Larian’s Swen Vincke Talks Costs of Voiced Dialogue and Motion Capture

Larian Studios’ Swen Vincke has penned the follow-up to a blog post from last year on the costs of voice acted dialogue. As it turns out, Larian has decided to go with facial motion capture and even has a new video to showcase the brand new system they’ve bought to do this kind of work:

And a snip from the blog post:

As you can see, we bought a facial capture system I guess it’s obvious from the video that some in our team were quite excited about this momentous event
Our plan of approach is to put those cameras you see in the video in the voice recording booth, and then use this captured data to put emotion in the faces of our 3D protagonists and antagonists.
This facial capture data will then be overlaid on top of motion captured body animations (we also have a motion capture system in the office), and the end result should be believable dialogues when talking to all of the characters in Dragon Commander.
At least that’s the plan.
The decision to do it this way came after checking plenty of other solutions, ranging from trying to set something up oursevles with Kinect devices (cheapest) to hiring simultanous body & facial capture studios (most expensive).
The latter had prices in the range of $1000 to $2000 per minute which would cost us between 0,5M US$ to 1M US$. I actually contemplated this for some time, but then decided against it. I figured that in the end we’d be best served if we could come up with a homebrewn solution, even if that causes a bit more pain and might in the short term not give us the highest quality solution.
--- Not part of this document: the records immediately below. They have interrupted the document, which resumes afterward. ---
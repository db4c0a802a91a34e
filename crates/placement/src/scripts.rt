// Scripts and the direction in which they are written. A script is the number of its four letters, 0 for none.
ghost use Rattle.std.specs.Prelude.{◌≡◌};
ghost use Rattle.placement.specs.Scripts.{from_script};

use crate::direction::Direction;

// Written from right to left. As numbers: a constant may not call `u32::from_be_bytes(*b"Adlm")`.
const RIGHT_TO_LEFT: [u32; 35] = [
    // Adlm
    0x41646C6D,
    // Arab
    0x41726162,
    // Armi
    0x41726D69,
    // Avst
    0x41767374,
    // Chrs
    0x43687273,
    // Cprt
    0x43707274,
    // Elym
    0x456C796D,
    // Gara
    0x47617261,
    // Hatr
    0x48617472,
    // Hebr
    0x48656272,
    // Khar
    0x4B686172,
    // Lydi
    0x4C796469,
    // Mand
    0x4D616E64,
    // Mani
    0x4D616E69,
    // Mend
    0x4D656E64,
    // Merc
    0x4D657263,
    // Mero
    0x4D65726F,
    // Narb
    0x4E617262,
    // Nbat
    0x4E626174,
    // Nkoo
    0x4E6B6F6F,
    // Orkh
    0x4F726B68,
    // Ougr
    0x4F756772,
    // Palm
    0x50616C6D,
    // Phli
    0x50686C69,
    // Phlp
    0x50686C70,
    // Phnx
    0x50686E78,
    // Prti
    0x50727469,
    // Rohg
    0x526F6867,
    // Samr
    0x53616D72,
    // Sarb
    0x53617262,
    // Sogd
    0x536F6764,
    // Sogo
    0x536F676F,
    // Syrc
    0x53797263,
    // Thaa
    0x54686161,
    // Yezi
    0x59657A69,
];

// Written in either direction.
const EITHER: [u32; 4] = [
    // Hung
    0x48756E67,
    // Ital
    0x4974616C,
    // Runr
    0x52756E72,
    // Tfng
    0x54666E67,
];

// The direction of a script, if it has one of its own.
pub fn from_script(script: u32) -> Option<Direction>
    ensures { result ≡ from_script script }
{
    if RIGHT_TO_LEFT.contains(&script) {
        return Some(Direction::RightToLeft);
    }
    if EITHER.contains(&script) {
        return None;
    }
    Some(Direction::LeftToRight)
}
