// Spaces: a space that is no ligature gets an advance by its type.
ghost use Rattle.std.specs.Prelude.{◌≡◌, ◌-◌, ◌≤◌, map, length};
ghost use Rattle.placement.specs.Directions.{is_horizontal};
ghost use Rattle.placement.specs.Lines.{cells, positions_of};
ghost use Rattle.placement.specs.Spaces.{advance_by, first_advance, kind, respaced, size, space_position, spaced_along};
ghost use Rattle.signs.specs.Rows.{read_row};

use crate::layout::Layout;
use crate::position::Position;
use crate::space::Space;
use faces::Face;
use signs::{Sign, SignRow};
use std::ops::Range;

// A size along the line.
fn sized(horizontal: bool, units: u32) -> i32
    requires { units ≤ 65535 }
    ensures { result ≡ size horizontal units }
{
    if horizontal {
        units as i32
    } else {
        -(units as i32)
    }
}

impl<F: Face> Layout<'_, F> {
    // The advance of the first of some codes that has a glyph.
    fn first_advance(&self, mut codes: Range<u32>) -> Option<i32>
        ensures { result ≡ first_advance (F.meaning self.now.face.now) (is_horizontal self.now.settings.direction) codes.start (codes.end - codes.start) }
    {
        let glyph = codes.find_map(|code| self.face.glyph(code))?;
        Some(self.advance_along(glyph))
    }

    // The advance of a space by the number of its type, or none where it keeps its own.
    fn space_advance(&self, number: u8, position: Position) -> Option<i32>
        ensures { result ≡ advance_by (F.meaning self.now.face.now) (is_horizontal self.now.settings.direction) position (kind number) }
    {
        let horizontal = self.is_horizontal();
        let em = u32::from(self.face.em());
        match Space::from(number) {
            Space::Fraction(parts) => {
                let parts = u32::from(parts);
                Some(sized(horizontal, (em + parts / 2) / parts))
            }
            Space::FourEighteenths => Some(sized(horizontal, em * 4 / 18)),
            Space::Digit => self.first_advance(48..58),
            // By hand: `or` looks the comma up at every stop, and the contract that the check infers for a closure of `or_else` is empty here.
            Space::Stop => match self.first_advance(46..47) {
                Some(advance) => Some(advance),
                None => self.first_advance(44..45),
            },
            Space::Half => Some(position.advance(horizontal) / 2),
            Space::Own => None,
        }
    }

    // The position of a space by the number of its type.
    fn respace(&self, number: u8, position: Position) -> Position
        ensures { result ≡ respaced (F.meaning self.now.face.now) (is_horizontal self.now.settings.direction) number position }
    {
        let horizontal = self.is_horizontal();
        self.space_advance(number, position).map_or(
            position,
            |advance| position.with_advance(horizontal, advance),
        )
    }

    fn space_position(&self, row: SignRow, position: Position) -> Position
        ensures { result ≡ space_position (F.meaning self.now.face.now) (is_horizontal self.now.settings.direction) (read_row row) position }
    {
        let sign = Sign::read(row);
        if sign.is_space() && !sign.is_ligated() {
            return self.respace(sign.space_type(), position);
        }
        position
    }

    // Gives every space of a line its advance.
    pub(crate) fn fallback_spaces(&self, rows: &[SignRow], positions: &mut [Position])
        requires { length positions.old ≡ length rows.now }
        ensures { positions.new ≡ positions_of (map (spaced_along (F.meaning self.now.face.now) (is_horizontal self.now.settings.direction)) (cells rows.now positions.old)) }
    {
        // Positions by index: a proof knows nothing of what a `zip` over `iter_mut` wrote.
        for (i, row) in rows.iter().enumerate() {
            positions[i] = self.space_position(*row, positions[i]);
        }
    }
}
My thinking was that for whatever game we do, we’ll always need to hire voice actors, so in all cases that’s a cost we’ll have to carry. Now, while they are acting, they are actually generating the data we need we just need the ability to extract that data and project it on 3D characters.
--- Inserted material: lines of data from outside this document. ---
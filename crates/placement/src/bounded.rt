// What a line may hold.
ghost use Rattle.std.specs.Prelude.{◌≡◌, ◌^◌, ◌<◌};
ghost use Rattle.std.specs.List.{list_all};
ghost use Rattle.placement.specs.Bounded.{bounded, bounded_position, bounded_row, inside};

use crate::position::Position;
use signs::SignRow;

const MOST_GLYPH: u32 = 65535;

const MOST_ADVANCE: u32 = 65535;

const MOST_OFFSET: u32 = 40000000;

// Whether a value is at most so many units either way.
fn inside<const MOST: u32>(value: i32) -> bool
    requires { MOST < 2 ^ 31 }
    ensures { result ≡ inside MOST value }
{
    let most = MOST as i32;
    -most <= value && value <= most
}

// `&` and a constant for the limit: with no branch between them the four tests become one step of the processor.
fn is_bounded(position: Position) -> bool
    ensures { result ≡ bounded_position position }
{
    inside::<MOST_ADVANCE>(position.x_advance)
        & inside::<MOST_ADVANCE>(position.y_advance)
        & inside::<MOST_OFFSET>(position.x_offset)
        & inside::<MOST_OFFSET>(position.y_offset)
}

fn rows_bounded(rows: &[SignRow]) -> bool
    ensures { result ≡ list_all bounded_row rows.now }
{
    rows.iter().all(|row| row.code <= MOST_GLYPH)
}

fn positions_bounded(positions: &[Position]) -> bool
    ensures { result ≡ list_all bounded_position positions.now }
{
    positions.iter().all(|position| is_bounded(*position))
}

// Whether lists hold only what a line may hold.
pub fn all_bounded(rows: &[SignRow], positions: &[Position]) -> bool
    ensures { result ≡ bounded rows.now positions.now }
{
    rows_bounded(rows) && positions_bounded(positions)
}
The equipment we bought allows us to record the facial marker data at 100 frames per second from seven directions. Should we discover for some reason that that’s not enough, we can always add extra cameras, but from the looks of it, the raw data looks to be good enough to work with.
So if we organize ourselves such that for every future recording session, we record the facial expressions of the actors in addition to their voice, we should have sufficient base material to work from. Obviously, this does cause extra complications in the recording booth as we’re increasing actor/studio time and thus recording cost, but from the tests we’ve done, it looks like it should be manageable.